I'm slightly puzzled as all groups contain an idenityt so, every group has an elemnt such that x*x = e, namely e.

I can also think of Abelian and non-Abelian groups that contain elements such that x*x = e were x is not equal to e (for example muplication in the rationals and matrix mutplication).

3. Sep 29, 2004

### hedlund

Hmm I might have understood it wrong. But it say

Prove that in a group G where $$x \ast x = e$$ for all $$x \in G$$ is abelian. Hint: Look at $$(a \ast b) \ast (a \ast b)$$. Maybe I misunderstood the question ...
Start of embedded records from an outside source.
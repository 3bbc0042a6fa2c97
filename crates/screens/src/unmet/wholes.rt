//! Wholes: four counts of which it is known how much they are together.

ghost use Rattle.std.specs.Prelude.{◌≡◌, ◌≤◌};
ghost use Rattle.conditions.specs.Bounds.{rank_count};
ghost use Rattle.screens.specs.Wholes.{facts_on, hand_measure, hand_shape, honours_by};
ghost use Rattle.screens.specs.Wholes.{pack_measure, pack_ranks, suit_lengths, suit_measure};
ghost use Rattle.screens.specs.Wholes.{suit_ranks, total_weight};

use crate::unmet::facts::{Fact, Facts};
use cards::{Fixed, Honours, Measure, Seat, Suit};
use conditions::Count;

/// Four counts, and how much they are together at the least and at the most.
#[derive(Clone, Copy)]
pub(crate) struct Whole {
    pub(crate) first: Count,
    pub(crate) second: Count,
    pub(crate) third: Count,
    pub(crate) fourth: Count,
    pub(crate) least: u16,
    pub(crate) most: u16,
}

impl Whole {
    /// What the fixed cards tell of the four.
    pub(crate) fn facts(&self, fixed: &Fixed) -> Facts
        ensures { result ≡ facts_on fixed.now self.now }
    {
        Facts {
            first: Fact::on(self.first, fixed),
            second: Fact::on(self.second, fixed),
            third: Fact::on(self.third, fixed),
            fourth: Fact::on(self.fourth, fixed),
        }
    }

    /// The lengths of a hand's suits.
    pub(crate) fn hand_shape(seat: Seat) -> Whole
        ensures value { result ≡ hand_shape seat }
        ensures few { result.most ≤ 52 }
    {
        Whole {
            first: Count::Length(seat, Suit::Spades),
            second: Count::Length(seat, Suit::Hearts),
            third: Count::Length(seat, Suit::Diamonds),
            fourth: Count::Length(seat, Suit::Clubs),
            least: 13,
            most: 13,
        }
    }

    /// What the cards of a hand's suits count: together no more than a hand does.
    pub(crate) fn hand_measure(measure: Measure, seat: Seat) -> Whole
        ensures value { result ≡ hand_measure measure seat }
        ensures few { result.most ≤ 52 }
    {
        Whole {
            first: Count::SuitTotal(measure, seat, Suit::Spades),
            second: Count::SuitTotal(measure, seat, Suit::Hearts),
            third: Count::SuitTotal(measure, seat, Suit::Diamonds),
            fourth: Count::SuitTotal(measure, seat, Suit::Clubs),
            least: 0,
            most: 40,
        }
    }

    /// How the seats share a suit.
    pub(crate) fn suit_lengths(suit: Suit) -> Whole
        ensures value { result ≡ suit_lengths suit }
        ensures few { result.most ≤ 52 }
    {
        Whole {
            first: Count::Length(Seat::North, suit),
            second: Count::Length(Seat::East, suit),
            third: Count::Length(Seat::South, suit),
            fourth: Count::Length(Seat::West, suit),
            least: 13,
            most: 13,
        }
    }

    /// How they share what the whole pack counts, by a measure with these weights.
    pub(crate) fn pack_measure(measure: Measure) -> Whole
        ensures value { result ≡ pack_measure measure }
        ensures few { result.most ≤ 52 }
    {
        let total = 4 * total_weight(measure);
        Whole {
            first: Count::Total(measure, Seat::North),
            second: Count::Total(measure, Seat::East),
            third: Count::Total(measure, Seat::South),
            fourth: Count::Total(measure, Seat::West),
            least: total,
            most: total,
        }
    }

    /// How they share what a suit counts.
    pub(crate) fn suit_measure(measure: Measure, suit: Suit) -> Whole
        ensures value { result ≡ suit_measure measure suit }
        ensures few { result.most ≤ 52 }
    {
        let total = total_weight(measure);
        Whole {
            first: Count::SuitTotal(measure, Seat::North, suit),
            second: Count::SuitTotal(measure, Seat::East, suit),
            third: Count::SuitTotal(measure, Seat::South, suit),
            fourth: Count::SuitTotal(measure, Seat::West, suit),
            least: total,
            most: total,
        }
    }

    /// How they share the cards of these ranks.
    pub(crate) fn pack_ranks(ranks: Honours) -> Whole
        ensures value { result ≡ pack_ranks ranks }
        ensures few { result.most ≤ 52 }
    {
        let total = 4 * rank_count(ranks);
        Whole {
            first: Count::Cards(Seat::North, ranks),
            second: Count::Cards(Seat::East, ranks),
            third: Count::Cards(Seat::South, ranks),
            fourth: Count::Cards(Seat::West, ranks),
            least: total,
            most: total,
        }
    }

    /// How they share those of a suit.
    pub(crate) fn suit_ranks(ranks: Honours, suit: Suit) -> Whole
        ensures value { result ≡ suit_ranks ranks suit }
        ensures few { result.most ≤ 52 }
    {
        let total = rank_count(ranks);
        Whole {
            first: Count::SuitCards(Seat::North, suit, ranks),
            second: Count::SuitCards(Seat::East, suit, ranks),
            third: Count::SuitCards(Seat::South, suit, ranks),
            fourth: Count::SuitCards(Seat::West, suit, ranks),
            least: total,
            most: total,
        }
    }
}

/// What four cards of a suit count together, or 0 of a measure that doesn't count by ranks.
fn total_weight(measure: Measure) -> u16
    ensures value { result ≡ total_weight measure }
    ensures few { result ≤ 10 }
{
    match measure.weights() {
        Some(weights) => {
            let [ace, king, queen, jack] = weights;
            u16::from(ace) + u16::from(king) + u16::from(queen) + u16::from(jack)
        }
        None => 0,
    }
}

/// How many ranks these are.
fn rank_count(ranks: Honours) -> u16
    ensures value { result ≡ rank_count ranks }
    ensures few { result ≤ 5 }
{
    u16::from(ranks.ace)
        + u16::from(ranks.king)
        + u16::from(ranks.queen)
        + u16::from(ranks.jack)
        + u16::from(ranks.ten)
}

/// The set of honours of a number: 16 of it are the ace, 8 the king, and so on.
pub(crate) fn honours_by(number: u32) -> Honours
    ensures { result ≡ honours_by number }
{
    Honours {
        ace: number / 16 % 2 == 1,
        king: number / 8 % 2 == 1,
        queen: number / 4 % 2 == 1,
        jack: number / 2 % 2 == 1,
        ten: number % 2 == 1,
    }
}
Edit: I think I can prove it now, I MUST have misunderstood. We have
$$x \ast x = e$$ let the x:s be $$x_1$$ and $$x_2$$ with $$x_1 = x_2$$ (Just to make it easier to see the difference).

$$x_1 \ast x_2 = e$$
$$x_1 \ast x_2 \ast x_2^{-1} = x_2^{-1}$$
$$x_1 \ast e = x_2^{-1}$$
$$x_2 \ast x_1 = x_2 \ast x_2^{-1}$$
$$x_2 \ast x_1 = e$$
And since $$x_1 \ast x_2 = x_2 \ast x_1$$ the group G must be abelian?

Last edited: Sep 29, 2004
4. Sep 29, 2004

### Muzza

Yes, there is a difference between "there exists an x such that x*x = e" (which you said in your first post) and "for all x, x*x = e".
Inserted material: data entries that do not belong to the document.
//! The least and the greatest that a value is, by what is known of a deal.

ghost use Rattle.std.specs.Prelude.{◌≡◌, ◌*◌, ◌≤◌};
ghost use Rattle.conditions.specs.declared.limits.TheConstants.{MOST_PARTS};
ghost use Rattle.conditions.specs.Form.{amount_of};
ghost use Rattle.conditions.specs.Limits.{atoms_of};
ghost use Rattle.screens.specs.Values.{greatest_value, least_value};

use crate::unmet::facts::Facts;
use conditions::Value;

impl Facts {
    /// The least that the value is.
    pub(crate) fn least_value(&self, value: &Value) -> u64
        requires { atoms_of (amount_of value.now) ≤ MOST_PARTS }
        ensures value { result ≡ least_value self.now (amount_of value.now) }
        ensures few { result ≤ 17179344900 * atoms_of (amount_of value.now) }
    {
        match value {
            Value::Sum(left, right) => self.least_value(left) + self.least_value(right),
            Value::Number(number) => u64::from(*number),
            Value::Count(count) => self.least(*count),
            Value::Times(factor, count) => times(*factor, self.least(*count)),
        }
    }

    /// The greatest that the value is.
    pub(crate) fn greatest_value(&self, value: &Value) -> u64
        requires { atoms_of (amount_of value.now) ≤ MOST_PARTS }
        ensures value { result ≡ greatest_value self.now (amount_of value.now) }
        ensures few { result ≤ 17179344900 * atoms_of (amount_of value.now) }
    {
        match value {
            Value::Sum(left, right) => self.greatest_value(left) + self.greatest_value(right),
            Value::Number(number) => u64::from(*number),
            Value::Count(count) => self.greatest(*count),
            Value::Times(factor, count) => times(*factor, self.greatest(*count)),
        }
    }
}

/// That many times a count.
fn times(factor: u16, count: u64) -> u64
    requires { count ≤ 262140 }
    ensures value { result ≡ factor * count }
    ensures few { result ≤ 17179344900 }
{
    u64::from(factor) * count
}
Another hint is to consider (ab)^-1 (there is a formula for that expression in terms of the inverses of a and b).

5. Sep 29, 2004

### jcsd

I'm still a little confused tho', does that also implicit that x is not equal to e?

6. Sep 29, 2004

### Muzza

I'm not sure what you mean. Are you asking if x^2 = e for all x in G => x != e...? x could of course be e.

7. Sep 29, 2004

### jcsd

Right now, sorry I relaize now, the orginal quetsion wasn't the the question that he wanted answered.